Фома ударил себя в грудь кулаком, радостно воскликнув:

Я её усвоил! Вот она, тут! Её-то я прежде всего и схватил. Теперь она для меня как божья матерь всех скорбящих радость…

– Поехал!

– Нет, погоди: приидите ко мне все труждающиеся и обременённые – так? Она?

– Да ведь это, чудак ты, евангелие!

– Ничего не значит! Она, я так понимаю, везде одна и та же. Виды – разные, рисунок разный, а образ один! Матерь любви она! Верно?

Когда Алексей сердился, его верхняя губа поднималась вверх, острый нос вздрагивал, и зелёные зрачки округлялись, точно у птицы.

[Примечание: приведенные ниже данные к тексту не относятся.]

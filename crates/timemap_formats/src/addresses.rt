//! The addresses that a listing gives.
ghost use Rattle.std.specs.Prelude.{◌≡◌, ◌++◌, IfOk, string_bytes};
ghost use Rattle.timemap_formats.specs.Addresses.{form_address, timegate_at};

use crate::listing::Head;
use memento_time::{Clean, NoMemory};
use std::alloc::Global;

/// The pieces, one after the other.
fn joined(alloc: Global, first: &str, second: &str, third: &str) -> Result<String, NoMemory>
    ensures { IfOk result (λ text. string_bytes text ≡ first.now ++ second.now ++ third.now) }
{
    let mut text = String::from_str(alloc, first)?;
    text.push_str(second)?;
    text.push_str(third)?;
    Ok(text)
}

/// Where a listing in this form stands.
pub(crate) fn form_address(
    alloc: Global,
    base: &Clean,
    form: &str,
    place: &Clean,
) -> Result<String, NoMemory>
    ensures { IfOk result (λ text. string_bytes text ≡ form_address base.now form.now place.now) }
{
    let front = joined(alloc, base.as_str(), "/timemap/", form)?;
    joined(alloc, front.as_str(), "/", place.as_str())
}

/// Where the TimeGate stands.
pub(crate) fn timegate_at(alloc: Global, head: &Head) -> Result<String, NoMemory>
    ensures { IfOk result (λ text. string_bytes text ≡ timegate_at head.now) }
{
    joined(
        alloc,
        head.base.as_str(),
        "/timegate/",
        head.original.as_str(),
    )
}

Сухим голосом, который на верхних нотах странно трещал, и какими-то щёлкающими словами Алексей подробно и внушительно убеждал товарища, что он – утопист, что в нём спит классовое сознание и, можно думать, не проснется оно никогда, ибо Фома воспитывался в доме священника, где мать его служила кухаркой и где ему отравили душу буржуазными предрассудками и суевериями.

– Алёш! – убедительно восклицал Фома. – Ей-богу – нисколько не отравили! Совсем наоборот! Маленький, я даже, например, не ходил в церковь. Господи – ну разве стану я тебе врать? Это уж потом вот, когда я начал читать и вообще – ну, потянуло меня к людям! Тут не церковь, а, понимаешь, спайка душ! Идея тут! О чём разговор идёт? Братцы – постыдитесь, разве можно так жить? Разве вы зверьё? Внушение любви и совести, Алёша, вот главное, как я понимаю! Верно?

– Нет, это не верно! – Алексей, сердясь, всё больше кипел, на скулах у него являлись багровые пятна, и Фоме часто казалось, что он щёлкает его словами по носу, точно картами при игре в носки.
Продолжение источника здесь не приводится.